PrimeIntellect is actually awesome
Posted by Icy_Gas8807@reddit | LocalLLaMA | View on Reddit | 19 comments
I tested prime intellect 3:
- Q4_K_L
- 71.82GB
- Uses Q8_0 for embed and output weights. Good quality, recommended.
Model seams intelligent enough for most of my daily tasks, will be using it along with gpt-oss-120B. This did give me a hope, if this trend continues and hoping to get great models like this at below 160B @fp4, inference possible in strix halo chips.
Also, now I want to connect it to web search. I know it is previously discussed: (https://github.com/mrkrsl/web-search-mcp) this seams to be the best option without jargon of adding api. Are there any better alternatives?
BrilliantEmotion4461@reddit
Have your read the book?
Metamorphosis of the Prime Intellect?
Icy_Gas8807@reddit (OP)
is it good? anything related to prime intellect project?
Klutzy-Snow8016@reddit
Apparently, the benchmark numbers were inflated and it actually scores basically the same as GLM-4.5 Air: https://x.com/rawsh0/status/1994781830227075159
Icy_Gas8807@reddit (OP)
Seams fine for me, will try same prompts with 4.5 air and update you with results.
Miserable-Dare5090@reddit
i am having chat template problems. anyone else?
Koalababies@reddit
I manually dropped in the template file with the updates from this PR
https://huggingface.co/PrimeIntellect/INTELLECT-3/discussions/2/files#d2h-526183
It's working well after this update.
chillahc@reddit
Here's the link rom the`refs/pr/2`-branch in a easier-to read version: https://huggingface.co/PrimeIntellect/INTELLECT-3/blob/refs%2Fpr%2F2/chat_template.jinja - Works for me, too š¤āļø
Agreeable-Rest9162@reddit
Looks good.

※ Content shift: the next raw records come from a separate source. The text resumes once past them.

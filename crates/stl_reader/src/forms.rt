//! How operands are written, and which of these forms stand behind a mnemonic.
ghost use Rattle.std.specs.Prelude.{◌≡◌, slice_get};
ghost use Rattle.std.specs.List.{list_any};
ghost use Rattle.stl_reader.specs.Forms.{takes, takes_none, accepts, may_be_alone, takes_some, takes_operand};
ghost use Rattle.stl_reader.specs.Letters.{passes};
ghost use Rattle.stl_reader.specs.Searches.{row_accepts, row_may_be_alone, row_takes_operand};

use crate::letters::{numbers_like, row_at};
use instruction_set::{InstructionRow, OperandKind, instruction_set};

/// How an operand is written.
#[derive(Clone, Copy, Debug, PartialEq, Eq)]
pub enum OperandForm {
    /// A bit of memory, as `I 0.0`, `DB1.DBX 0.0` or a name of type BOOL.
    Bit,
    /// A byte, word or double word of memory, as `MW 2`, `DB1.DBW 0` or a name of 1, 2 or 4 bytes.
    Value,
    /// `PIB`, `PIW` or `PID` and an address.
    PeripheralIn,
    /// `PQB`, `PQW` or `PQD` and an address.
    PeripheralOut,
    /// `T n`.
    Timer,
    /// `C n`.
    Counter,
    /// A status operand, as `OV` or `>=0`.
    Status,
    /// `STW`.
    StatusWord,
    /// `DBLG`, `DBNO`, `DILG` or `DINO`.
    DataRegister,
    /// A number without a sign.
    Number,
    /// A number with a sign.
    SignedNumber,
    /// `L#` and a number.
    LongInteger,
    /// `W#16#` and digits.
    WordPattern,
    /// `DW#16#` and digits.
    DoubleWordPattern,
    /// Another literal, or characters.
    OtherLiteral,
    /// The name of a label.
    Label,
    /// `DB n`.
    DataBlock,
    /// `DI n`.
    InstanceBlock,
    /// `FC n`.
    Function,
    /// `FB n`.
    FunctionBlock,
    /// `FB n, DB m`.
    FunctionBlockWithData,
    /// `SFC n`.
    SystemFunction,
}

/// The mask of all words: what is at most this is written as `W#16#`, and not as a number.
const WHOLE_WORD: u16 = 65535;

/// Whether an operand of the kind may be written in this form.
fn takes(kind: OperandKind, form: OperandForm) -> bool
    ensures { result ≡ takes kind form }
{
    match kind {
        OperandKind::Nothing => false,
        OperandKind::CheckedBit => matches!(
            form,
            OperandForm::Bit | OperandForm::Timer | OperandForm::Counter | OperandForm::Status
        ),
        OperandKind::WrittenBit => matches!(form, OperandForm::Bit),
        OperandKind::SetBit => matches!(form, OperandForm::Bit | OperandForm::Counter),
        OperandKind::ResetBit => matches!(
            form,
            OperandForm::Bit | OperandForm::Timer | OperandForm::Counter
        ),
        OperandKind::Loaded => matches!(
            form,
            OperandForm::Value
                | OperandForm::PeripheralIn
                | OperandForm::Timer
                | OperandForm::Counter
                | OperandForm::StatusWord
                | OperandForm::DataRegister
                | OperandForm::Number
                | OperandForm::SignedNumber
                | OperandForm::LongInteger
                | OperandForm::WordPattern
                | OperandForm::DoubleWordPattern
                | OperandForm::OtherLiteral
        ),
        OperandKind::Stored => matches!(
            form,
            OperandForm::Value | OperandForm::PeripheralOut | OperandForm::StatusWord
        ),
        OperandKind::Coded => matches!(form, OperandForm::Timer | OperandForm::Counter),
        OperandKind::Addend => matches!(
            form,
            OperandForm::Number | OperandForm::SignedNumber | OperandForm::LongInteger
        ),
        OperandKind::UpTo(_) | OperandKind::Exactly(_) => matches!(form, OperandForm::Number),
        OperandKind::AtMost(WHOLE_WORD) => matches!(form, OperandForm::WordPattern),
        OperandKind::AtMost(_) => matches!(form, OperandForm::Number),
        OperandKind::Mask => matches!(form, OperandForm::DoubleWordPattern),
        OperandKind::Target => matches!(form, OperandForm::Label),
        OperandKind::Timer => matches!(form, OperandForm::Timer),
        OperandKind::Counter => matches!(form, OperandForm::Counter),
        OperandKind::DataBlock => matches!(form, OperandForm::DataBlock),
        OperandKind::InstanceBlock => matches!(form, OperandForm::InstanceBlock),
        OperandKind::Function => matches!(form, OperandForm::Function),
        OperandKind::FunctionBlock => matches!(form, OperandForm::FunctionBlock),
        OperandKind::FunctionBlockWithData => matches!(form, OperandForm::FunctionBlockWithData),
        OperandKind::SystemFunction(_) => matches!(form, OperandForm::SystemFunction),
    }
}

/// Whether an operand of the kind may be left out.
fn takes_none(kind: OperandKind) -> bool
    ensures { result ≡ takes_none kind }
{
    matches!(
        kind,
        OperandKind::Nothing | OperandKind::AtMost(_) | OperandKind::Mask
    )
}

/// Whether there are operands of the kind.
fn takes_some(kind: OperandKind) -> bool
    ensures { result ≡ takes_some kind }
{
    !matches!(kind, OperandKind::Nothing)
}

/// Whether the row of this number has the mnemonic and takes an operand of this form.
fn accepts_at(rows: &[InstructionRow], number: u8, mnemonic: [u8; 5], form: OperandForm) -> bool
    ensures { result ≡ passes (row_accepts mnemonic form) (slice_get rows.now number) }
{
    match row_at(rows, number) {
        Some(row) => row.mnemonic == mnemonic && takes(row.operand, form),
        None => false,
    }
}

/// Whether one of the rows of these numbers has the mnemonic and takes an operand of this form.
fn any_accepts(
    rows: &[InstructionRow],
    numbers: &[u8],
    mnemonic: [u8; 5],
    form: OperandForm,
) -> bool
    ensures { result ≡ list_any (λ n. passes (row_accepts mnemonic form) (slice_get rows.now n)) numbers.now }
{
    numbers
        .iter()
        .any(|number| accepts_at(rows, *number, mnemonic, form))
}

/// Whether an operand of this form may stand behind the mnemonic.
pub fn accepts(mnemonic: [u8; 5], form: OperandForm) -> bool
    ensures { result ≡ accepts mnemonic form }
{
    let numbers = numbers_like(mnemonic[0]);
    any_accepts(instruction_set(), numbers, mnemonic, form)
}

/// Whether the row of this number has the mnemonic and may stand without an operand.
fn may_be_alone_at(rows: &[InstructionRow], number: u8, mnemonic: [u8; 5]) -> bool
    ensures { result ≡ passes (row_may_be_alone mnemonic) (slice_get rows.now number) }
{
    match row_at(rows, number) {
        Some(row) => row.mnemonic == mnemonic && takes_none(row.operand),
        None => false,
    }
}

fn any_may_be_alone(rows: &[InstructionRow], numbers: &[u8], mnemonic: [u8; 5]) -> bool
    ensures { result ≡ list_any (λ n. passes (row_may_be_alone mnemonic) (slice_get rows.now n)) numbers.now }
{
    numbers
        .iter()
        .any(|number| may_be_alone_at(rows, *number, mnemonic))
}

/// Whether the mnemonic may stand without an operand.
pub fn may_be_alone(mnemonic: [u8; 5]) -> bool
    ensures { result ≡ may_be_alone mnemonic }
{
    let numbers = numbers_like(mnemonic[0]);
    any_may_be_alone(instruction_set(), numbers, mnemonic)
}

/// Whether the row of this number has the mnemonic and takes an operand.
fn takes_operand_at(rows: &[InstructionRow], number: u8, mnemonic: [u8; 5]) -> bool
    ensures { result ≡ passes (row_takes_operand mnemonic) (slice_get rows.now number) }
{
    match row_at(rows, number) {
        Some(row) => row.mnemonic == mnemonic && takes_some(row.operand),
        None => false,
    }
}

fn any_takes_operand(rows: &[InstructionRow], numbers: &[u8], mnemonic: [u8; 5]) -> bool
    ensures { result ≡ list_any (λ n. passes (row_takes_operand mnemonic) (slice_get rows.now n)) numbers.now }
{
    numbers
        .iter()
        .any(|number| takes_operand_at(rows, *number, mnemonic))
}

/// Whether an operand may stand behind the mnemonic.
pub fn takes_operand(mnemonic: [u8; 5]) -> bool
    ensures { result ≡ takes_operand mnemonic }
{
    let numbers = numbers_like(mnemonic[0]);
    any_takes_operand(instruction_set(), numbers, mnemonic)
}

The benchmarks they published inspire confidence. If you need web search, try this MCP using searxng:
The instance is maintained by me (the dev behind Noema), and it allows JSON requests, which allow a Search MCP like this to work. I couldn't find another instance that allows this on Searx space, so I made my own, which also sustains the web search functionality in my Noema app. If you want to learn more about privacy with this instance you can go to:
https://noemaai.com/noema-search
and
https://noemaai.com/privacy
arousedsquirel@reddit
Can you explain the community how you build this instance? Is there a github repo available so people can look and build their own search private mcp? š
Agreeable-Rest9162@reddit
Its run on an oracle server through docker. So you just build searxng using the docker instance and its available at the public URL. The MCP code being used is from here: https://github.com/ihor-sokoliuk/mcp-searxng.git
Icy_Gas8807@reddit (OP)
Great job, pretty detailed readme file as well.

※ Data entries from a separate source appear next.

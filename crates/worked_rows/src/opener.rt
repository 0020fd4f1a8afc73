//! Files of a row, which lie in the row's folder.

use pair_io::{Failed, Opener};
use std::alloc::Global;
use std::{fs, rt, str};

/// Opens the files of a folder by their names in it.
#[derive(Drop)]
pub struct RowOpener<'a, R: rt::Files> {
    rt: &'a R,
    alloc: Global,
    folder: &'a str,
}

impl<'a, R: rt::Files> RowOpener<'a, R> {
    pub fn new(rt: &'a R, alloc: Global, folder: &'a str) -> RowOpener<'a, R> {
        RowOpener { rt, alloc, folder }
    }
}

impl<R: rt::Files> Opener for RowOpener<'_, R> {
    ghost use Rattle.std.specs.Prelude.{None};

    type File = R::File;

    ghost content = { λ _ _. None };

    fn open(&self, name: &[u8]) -> Result<R::File, Failed> {
        let Ok(name) = str::from_utf8(name) else {
            return Err(Failed);
        };
        let folder = self.folder;
        let Ok(path) = format!(in self.alloc; "{folder}/{name}") else {
            return Err(Failed);
        };
        match fs::open(self.rt, path.as_str()) {
            Ok(file) => Ok(file),
            Err(_) => Err(Failed),
        }
    }
}
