//! Mnemonics: the longest run of adjacent tokens that is one.
ghost use Rattle.std.specs.Prelude.{◌≡◌, ◌≤◌, length, slice_get};
ghost use Rattle.std.specs.List.{find};
ghost use Rattle.std.specs.Option.{option_map};
ghost use Rattle.stl_decl.specs.Steps.{Gives, seen, spelling};
ghost use Rattle.stl_reader.specs.Letters.{passes};
ghost use Rattle.stl_reader.specs.Searches.{row_spells};
ghost use Rattle.stl_reader.specs.Mnemonics.{row_named, refused_named, refusal_by, meaning_of, pair_at, one_at, run_at, meant, mnemonic_at};

use crate::letters::{first_letter, is_named, numbers_like, read_at, row_at};
use instruction_set::{InstructionRow, instruction_set};
use stl_decl::{Fault, FaultKind, end_fault, fault_at, next, spelling};
use stl_lex::Token;

/// An instruction that is known and not of the language: its mnemonic, filled up with zeros, and its fault.
#[derive(Clone, Copy, Debug, PartialEq, Eq)]
pub struct RefusedInstruction {
    pub mnemonic: [u8; 5],
    pub fault: FaultKind,
}

macro_rules! refused {
    ($($mnemonic:literal $fault:ident;)*) => {
        [$(RefusedInstruction {
            mnemonic: *$mnemonic,
            fault: FaultKind::$fault,
        }),*]
    };
}

const REFUSED: [RefusedInstruction; 36] = refused! {
    b"+R\0\0\0" RealInstruction;
    b"-R\0\0\0" RealInstruction;
    b"*R\0\0\0" RealInstruction;
    b"/R\0\0\0" RealInstruction;
    b"==R\0\0" RealInstruction;
    b"<>R\0\0" RealInstruction;
    b">R\0\0\0" RealInstruction;
    b"<R\0\0\0" RealInstruction;
    b">=R\0\0" RealInstruction;
    b"<=R\0\0" RealInstruction;
    b"NEGR\0" RealInstruction;
    b"ABS\0\0" RealInstruction;
    b"SQR\0\0" RealInstruction;
    b"SQRT\0" RealInstruction;
    b"EXP\0\0" RealInstruction;
    b"LN\0\0\0" RealInstruction;
    b"SIN\0\0" RealInstruction;
    b"COS\0\0" RealInstruction;
    b"TAN\0\0" RealInstruction;
    b"ASIN\0" RealInstruction;
    b"ACOS\0" RealInstruction;
    b"ATAN\0" RealInstruction;
    b"DTR\0\0" RealInstruction;
    b"RND\0\0" RealInstruction;
    b"RND+\0" RealInstruction;
    b"RND-\0" RealInstruction;
    b"TRUNC" RealInstruction;
    b"LAR1\0" OutOfScope;
    b"LAR2\0" OutOfScope;
    b"TAR1\0" OutOfScope;
    b"TAR2\0" OutOfScope;
    b"CAR\0\0" OutOfScope;
    b"+AR1\0" OutOfScope;
    b"+AR2\0" OutOfScope;
    b"RLDA\0" OutOfScope;
    b"RRDA\0" OutOfScope;
};

/// What the words at the front of a statement mean.
#[derive(Clone, Copy, Debug, PartialEq, Eq)]
pub enum Meaning {
    /// A mnemonic, in the letters of the instruction set.
    Mnemonic([u8; 5]),
    /// An instruction that is refused by this fault.
    Refused(FaultKind),
}

/// Whether the row of this number has the mnemonic.
fn is_named_at(rows: &[InstructionRow], number: u8, word: &[u8]) -> bool
    ensures { result ≡ passes (row_spells word.now) (slice_get rows.now number) }
{
    match row_at(rows, number) {
        Some(row) => is_named(row.mnemonic.as_slice(), word),
        None => false,
    }
}

/// The first of these numbers whose row has the mnemonic.
fn number_named(rows: &[InstructionRow], numbers: &[u8], word: &[u8]) -> Option<u8>
    ensures { result ≡ find (λ n. passes (row_spells word.now) (slice_get rows.now n)) numbers.now }
{
    numbers
        .iter()
        .copied()
        .find(|number| is_named_at(rows, *number, word))
}

/// The first row of the instruction set with the mnemonic.
fn row_named(word: &[u8]) -> Option<InstructionRow>
    ensures { result ≡ row_named word.now }
{
    let rows = instruction_set();
    let number = number_named(rows, numbers_like(first_letter(word)), word);
    read_at(rows, number)
}

/// The row of an instruction that is refused.
#[tactic(auto, unfolding(crate::specs::Mnemonics::refused_named))]
fn refused_named(word: &[u8]) -> Option<RefusedInstruction>
    ensures { result ≡ refused_named word.now }
{
    REFUSED
        .iter()
        .copied()
        .find(|row| is_named(row.mnemonic.as_slice(), word))
}

fn refusal_of(word: &[u8]) -> Option<Meaning>
    ensures { result ≡ refusal_by (refused_named word.now) }
{
    match refused_named(word) {
        Some(row) => Some(Meaning::Refused(row.fault)),
        None => None,
    }
}

/// What a word means where an instruction stands.
fn meaning_of(word: &[u8]) -> Option<Meaning>
    ensures { result ≡ meaning_of word.now }
{
    match row_named(word) {
        Some(row) => Some(Meaning::Mnemonic(row.mnemonic)),
        None => refusal_of(word),
    }
}

/// The bytes from the first token to the end of the second.
fn joined<'a>(text: &'a [u8], first: Token, second: Token) -> &'a [u8]
    ensures { result.now ≡ spelling text.now (record first { to = second.to }) }
{
    spelling(
        text,
        Token {
            to: second.to,
            ..first
        },
    )
}

/// Two adjacent tokens that mean something together.
fn pair_at<'a>(text: &[u8], tokens: &'a [Token]) -> Option<(Meaning, Token, &'a [Token])>
    ensures { option_map seen result ≡ pair_at text.now tokens.now }
{
    let (first, rest) = next(tokens)?;
    let (second, after) = next(rest)?;
    if first.to != second.from {
        return None;
    }
    let meaning = meaning_of(joined(text, first, second))?;
    Some((meaning, second, after))
}

fn one_at<'a>(text: &[u8], tokens: &'a [Token]) -> Option<(Meaning, Token, &'a [Token])>
    ensures { option_map seen result ≡ one_at text.now tokens.now }
{
    let (first, rest) = next(tokens)?;
    let meaning = meaning_of(spelling(text, first))?;
    Some((meaning, first, rest))
}

#[tactic(auto, unfolding(crate::specs::Mnemonics::run_at))]
/// The longest run of adjacent tokens that means something: no instruction has more than two.
fn run_at<'a>(text: &[u8], tokens: &'a [Token]) -> Option<(Meaning, Token, &'a [Token])>
    ensures { option_map seen result ≡ run_at text.now tokens.now }
{
    match pair_at(text, tokens) {
        Some(found) => Some(found),
        None => one_at(text, tokens),
    }
}

fn meant<'a>(
    first: Token,
    meaning: Meaning,
    last: Token,
    rest: &'a [Token],
) -> Result<([u8; 5], Token, &'a [Token]), Fault>
    ensures { Gives seen result (meant first meaning last rest.now) }
{
    match meaning {
        Meaning::Mnemonic(mnemonic) => Ok((mnemonic, last, rest)),
        Meaning::Refused(fault) => Err(fault_at(fault, first)),
    }
}

/// The mnemonic that a statement begins with.
pub fn mnemonic_at<'a>(
    text: &[u8],
    tokens: &'a [Token],
) -> Result<([u8; 5], Token, &'a [Token]), Fault>
    requires { length text.now ≤ 1048576 }
    ensures { Gives seen result (mnemonic_at text.now tokens.now) }
{
    let Some((first, _)) = next(tokens) else {
        return Err(end_fault(text));
    };
    match run_at(text, tokens) {
        Some((meaning, last, rest)) => meant(first, meaning, last, rest),
        None => Err(fault_at(FaultKind::UnknownInstruction, first)),
    }
}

So, the llm are connected to the web search via MCP, web searched queries are converted to markdown file, and it is sent back -> perfect š.
Iām just wondering, are the markdown files parsed without html overheads? He claims LLMs are actually not bad at reading parsed html files -> (https://x.com/rasbt/status/1943415645007495257?s=20) your thoughts on this?
Agreeable-Rest9162@reddit
Well, I want to make it clear that it isn't my repo; the part I'm contributing is just the instance being hosted on my server. However, yes, with the web_url_read tool, you are basically getting the page after stripping most HTML overhead. The server parses the HTML, extracts the main content, and returns clean markdown (headings, paragraphs, lists).
Rasbt is right that LLMs can handle reasonably clean HTML. Still, for a web search, markdown is usually better because it has far fewer wasted tokens, unless you specifically need to reason about tags, attributes, or forms.
Icy_Gas8807@reddit (OP)
Will definitely check it out, thanks!!
Wise-Comb8596@reddit
Is your plan to attach a 5060ti to the strix? I thought about that
Icy_Gas8807@reddit (OP)
I have a workstation as well, strix is bad at image gen or basically any of diffusion based tasks. Iām planning to connect this to dual 5060ti via ethernet cable, language based -> strix, anything else -> workstation.
doradus_novae@reddit
Working on getting this badboy on my gpus right now, you likey?
RiskyBizz216@reddit
yikes, 11.3 tok/s... so fast
is there a "slow" mode?
/s
Front_Eagle739@reddit
Yeah i actually like it. Glm 4.5 air just wasnt up to scratch for my use cases so i was using glm 4.6 or 4.5 iq2_m. This one seems quite functional if not quite as smart as 4.6/4.5 but when i need to go to bigger contexts with a model that follows prompts now this is the one i will reach for
UndecidedLee@reddit
The screenshotted reply reminds me of old ChatGPT.